● TRY IT:
Could you count the lines in the entries beneath that hold the word "before"? Respond with the number alone.

(Collected data entries)
______________________________
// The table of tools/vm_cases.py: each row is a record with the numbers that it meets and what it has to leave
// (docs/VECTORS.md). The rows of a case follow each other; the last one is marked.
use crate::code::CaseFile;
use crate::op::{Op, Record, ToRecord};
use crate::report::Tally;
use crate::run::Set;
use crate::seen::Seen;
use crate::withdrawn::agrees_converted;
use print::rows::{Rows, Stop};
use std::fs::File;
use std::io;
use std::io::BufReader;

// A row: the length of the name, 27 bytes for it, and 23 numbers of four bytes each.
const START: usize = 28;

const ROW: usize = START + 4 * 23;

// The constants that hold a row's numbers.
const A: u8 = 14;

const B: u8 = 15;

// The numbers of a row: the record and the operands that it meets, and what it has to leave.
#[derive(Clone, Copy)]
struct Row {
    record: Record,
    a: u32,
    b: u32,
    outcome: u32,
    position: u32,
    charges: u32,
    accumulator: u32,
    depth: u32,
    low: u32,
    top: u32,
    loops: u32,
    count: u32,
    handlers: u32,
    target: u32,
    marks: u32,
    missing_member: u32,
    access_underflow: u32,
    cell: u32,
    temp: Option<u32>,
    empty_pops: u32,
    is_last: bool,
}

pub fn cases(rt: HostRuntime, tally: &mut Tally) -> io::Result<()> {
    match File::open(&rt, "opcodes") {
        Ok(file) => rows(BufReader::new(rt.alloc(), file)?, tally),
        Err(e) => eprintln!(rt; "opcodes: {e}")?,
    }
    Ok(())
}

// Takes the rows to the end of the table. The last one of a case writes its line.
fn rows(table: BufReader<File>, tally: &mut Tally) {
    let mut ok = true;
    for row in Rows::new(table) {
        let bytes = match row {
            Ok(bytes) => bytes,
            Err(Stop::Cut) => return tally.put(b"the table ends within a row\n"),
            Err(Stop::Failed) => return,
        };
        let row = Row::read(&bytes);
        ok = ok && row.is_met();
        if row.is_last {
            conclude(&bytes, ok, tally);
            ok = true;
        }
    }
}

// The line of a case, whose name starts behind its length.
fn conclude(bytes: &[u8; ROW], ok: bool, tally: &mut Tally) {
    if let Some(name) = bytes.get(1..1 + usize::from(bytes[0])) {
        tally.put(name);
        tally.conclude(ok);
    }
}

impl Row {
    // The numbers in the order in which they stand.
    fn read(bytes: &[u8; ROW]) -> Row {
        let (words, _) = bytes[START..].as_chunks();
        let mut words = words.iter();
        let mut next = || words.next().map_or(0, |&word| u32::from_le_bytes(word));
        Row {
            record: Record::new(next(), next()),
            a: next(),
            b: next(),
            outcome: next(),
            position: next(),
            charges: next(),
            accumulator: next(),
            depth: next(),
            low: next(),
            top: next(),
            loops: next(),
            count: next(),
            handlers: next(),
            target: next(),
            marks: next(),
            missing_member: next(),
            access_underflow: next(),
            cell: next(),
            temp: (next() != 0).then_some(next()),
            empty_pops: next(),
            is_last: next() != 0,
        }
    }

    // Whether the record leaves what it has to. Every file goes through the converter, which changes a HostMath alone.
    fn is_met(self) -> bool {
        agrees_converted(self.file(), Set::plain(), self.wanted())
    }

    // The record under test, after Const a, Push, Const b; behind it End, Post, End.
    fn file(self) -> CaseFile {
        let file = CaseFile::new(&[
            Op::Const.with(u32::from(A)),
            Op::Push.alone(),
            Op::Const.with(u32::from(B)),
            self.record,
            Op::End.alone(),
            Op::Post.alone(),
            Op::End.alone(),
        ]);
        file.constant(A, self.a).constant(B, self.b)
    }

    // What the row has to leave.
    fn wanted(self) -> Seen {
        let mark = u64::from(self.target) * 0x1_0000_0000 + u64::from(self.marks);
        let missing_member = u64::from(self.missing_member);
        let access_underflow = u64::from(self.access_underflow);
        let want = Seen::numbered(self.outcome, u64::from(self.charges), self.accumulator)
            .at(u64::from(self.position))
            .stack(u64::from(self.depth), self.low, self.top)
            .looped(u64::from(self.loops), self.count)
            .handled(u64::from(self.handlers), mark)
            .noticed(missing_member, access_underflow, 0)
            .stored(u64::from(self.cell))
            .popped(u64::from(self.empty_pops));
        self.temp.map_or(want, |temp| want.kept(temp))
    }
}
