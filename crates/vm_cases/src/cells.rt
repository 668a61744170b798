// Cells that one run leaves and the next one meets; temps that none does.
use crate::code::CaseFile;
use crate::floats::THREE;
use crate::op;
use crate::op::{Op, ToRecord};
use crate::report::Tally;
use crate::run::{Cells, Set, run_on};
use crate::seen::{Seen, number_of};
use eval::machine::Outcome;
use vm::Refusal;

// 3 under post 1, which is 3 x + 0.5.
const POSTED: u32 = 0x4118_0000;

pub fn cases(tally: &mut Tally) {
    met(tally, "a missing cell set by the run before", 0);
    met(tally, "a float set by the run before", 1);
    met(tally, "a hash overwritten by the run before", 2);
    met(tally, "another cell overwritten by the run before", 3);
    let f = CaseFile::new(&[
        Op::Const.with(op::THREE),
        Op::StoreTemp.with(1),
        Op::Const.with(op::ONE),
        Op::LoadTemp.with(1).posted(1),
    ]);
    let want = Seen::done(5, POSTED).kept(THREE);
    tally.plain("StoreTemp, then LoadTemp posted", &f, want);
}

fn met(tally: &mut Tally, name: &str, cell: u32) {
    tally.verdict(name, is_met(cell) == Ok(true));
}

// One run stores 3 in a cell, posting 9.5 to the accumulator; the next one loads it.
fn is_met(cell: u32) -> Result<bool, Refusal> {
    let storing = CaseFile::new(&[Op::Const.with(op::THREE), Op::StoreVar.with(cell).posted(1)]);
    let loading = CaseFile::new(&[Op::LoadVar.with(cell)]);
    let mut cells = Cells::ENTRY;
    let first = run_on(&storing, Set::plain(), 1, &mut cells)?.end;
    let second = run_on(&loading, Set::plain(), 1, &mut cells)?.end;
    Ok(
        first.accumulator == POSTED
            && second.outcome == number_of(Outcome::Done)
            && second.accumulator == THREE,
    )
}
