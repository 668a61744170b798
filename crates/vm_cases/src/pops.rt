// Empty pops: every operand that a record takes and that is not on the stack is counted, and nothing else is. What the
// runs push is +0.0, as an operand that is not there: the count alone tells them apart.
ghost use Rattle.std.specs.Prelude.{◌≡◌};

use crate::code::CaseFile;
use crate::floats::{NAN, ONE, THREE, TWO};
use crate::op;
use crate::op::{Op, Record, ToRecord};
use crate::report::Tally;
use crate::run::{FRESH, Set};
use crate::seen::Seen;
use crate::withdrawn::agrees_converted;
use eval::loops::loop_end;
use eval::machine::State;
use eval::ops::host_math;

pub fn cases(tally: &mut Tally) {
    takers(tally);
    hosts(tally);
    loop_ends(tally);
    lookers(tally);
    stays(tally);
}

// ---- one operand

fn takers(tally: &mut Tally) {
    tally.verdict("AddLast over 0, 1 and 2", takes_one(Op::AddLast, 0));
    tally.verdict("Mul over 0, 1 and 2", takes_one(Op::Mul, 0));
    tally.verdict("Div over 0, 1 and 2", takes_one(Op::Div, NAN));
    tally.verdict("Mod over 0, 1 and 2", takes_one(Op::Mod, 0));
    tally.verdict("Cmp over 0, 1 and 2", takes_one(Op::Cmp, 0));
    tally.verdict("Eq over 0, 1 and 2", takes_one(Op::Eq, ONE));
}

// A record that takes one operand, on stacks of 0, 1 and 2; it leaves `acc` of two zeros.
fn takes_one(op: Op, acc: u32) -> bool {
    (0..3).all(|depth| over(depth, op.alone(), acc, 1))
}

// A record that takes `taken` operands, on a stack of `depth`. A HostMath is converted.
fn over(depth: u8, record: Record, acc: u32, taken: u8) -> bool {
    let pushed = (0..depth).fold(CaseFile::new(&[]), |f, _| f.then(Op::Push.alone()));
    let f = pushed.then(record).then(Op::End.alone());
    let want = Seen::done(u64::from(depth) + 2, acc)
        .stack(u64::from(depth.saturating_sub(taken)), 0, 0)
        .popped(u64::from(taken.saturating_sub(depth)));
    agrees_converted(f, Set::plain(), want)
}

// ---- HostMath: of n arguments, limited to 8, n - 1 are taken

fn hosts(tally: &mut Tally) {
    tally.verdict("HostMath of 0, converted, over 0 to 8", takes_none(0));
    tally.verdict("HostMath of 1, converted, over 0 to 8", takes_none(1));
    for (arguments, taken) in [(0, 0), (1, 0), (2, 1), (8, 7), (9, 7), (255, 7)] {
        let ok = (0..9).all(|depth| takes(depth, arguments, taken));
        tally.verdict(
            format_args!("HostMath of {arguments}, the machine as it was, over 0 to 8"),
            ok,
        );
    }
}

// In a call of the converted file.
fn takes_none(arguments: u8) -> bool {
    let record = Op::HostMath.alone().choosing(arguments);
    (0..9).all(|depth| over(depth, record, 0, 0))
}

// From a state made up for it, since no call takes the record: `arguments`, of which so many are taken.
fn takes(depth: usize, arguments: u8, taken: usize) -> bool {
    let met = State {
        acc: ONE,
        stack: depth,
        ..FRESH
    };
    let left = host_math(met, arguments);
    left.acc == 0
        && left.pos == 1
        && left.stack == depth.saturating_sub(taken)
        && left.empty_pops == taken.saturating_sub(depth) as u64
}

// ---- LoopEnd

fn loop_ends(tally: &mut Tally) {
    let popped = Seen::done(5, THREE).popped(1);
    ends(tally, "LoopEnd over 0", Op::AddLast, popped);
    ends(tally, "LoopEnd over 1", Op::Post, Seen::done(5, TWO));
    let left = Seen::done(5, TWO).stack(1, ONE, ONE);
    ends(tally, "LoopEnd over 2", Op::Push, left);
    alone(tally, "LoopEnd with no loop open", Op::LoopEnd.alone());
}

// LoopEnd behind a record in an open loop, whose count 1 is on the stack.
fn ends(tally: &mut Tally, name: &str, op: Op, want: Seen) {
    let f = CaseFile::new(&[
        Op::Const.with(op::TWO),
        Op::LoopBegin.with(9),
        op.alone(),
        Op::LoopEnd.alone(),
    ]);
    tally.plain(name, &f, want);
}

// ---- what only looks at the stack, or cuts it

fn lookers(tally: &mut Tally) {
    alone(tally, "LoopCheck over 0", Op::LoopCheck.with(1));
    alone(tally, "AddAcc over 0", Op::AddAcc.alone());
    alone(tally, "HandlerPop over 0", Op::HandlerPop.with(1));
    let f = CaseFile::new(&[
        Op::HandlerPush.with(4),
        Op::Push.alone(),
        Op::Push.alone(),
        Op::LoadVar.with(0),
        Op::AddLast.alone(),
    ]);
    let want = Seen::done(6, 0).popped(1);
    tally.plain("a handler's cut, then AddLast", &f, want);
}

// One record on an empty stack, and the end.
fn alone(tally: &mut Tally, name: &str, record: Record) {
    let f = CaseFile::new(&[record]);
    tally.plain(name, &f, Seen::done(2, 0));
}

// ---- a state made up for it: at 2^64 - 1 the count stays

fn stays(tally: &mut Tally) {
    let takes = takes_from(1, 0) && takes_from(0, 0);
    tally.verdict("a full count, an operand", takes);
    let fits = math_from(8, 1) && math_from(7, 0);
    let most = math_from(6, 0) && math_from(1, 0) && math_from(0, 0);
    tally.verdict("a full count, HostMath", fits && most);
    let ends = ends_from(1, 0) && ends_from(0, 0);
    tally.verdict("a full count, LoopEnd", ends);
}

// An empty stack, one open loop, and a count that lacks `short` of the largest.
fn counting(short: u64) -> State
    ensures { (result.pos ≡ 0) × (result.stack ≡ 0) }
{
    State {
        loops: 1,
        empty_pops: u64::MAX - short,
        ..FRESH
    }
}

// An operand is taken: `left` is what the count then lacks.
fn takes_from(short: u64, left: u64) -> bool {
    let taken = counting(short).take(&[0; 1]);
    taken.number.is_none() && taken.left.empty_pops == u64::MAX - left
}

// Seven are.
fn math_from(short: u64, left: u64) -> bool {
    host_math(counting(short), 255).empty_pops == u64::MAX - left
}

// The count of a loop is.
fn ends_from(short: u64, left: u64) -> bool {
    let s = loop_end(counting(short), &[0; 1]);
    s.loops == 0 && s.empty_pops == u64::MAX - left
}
______________________________
● TASK RESULT:
4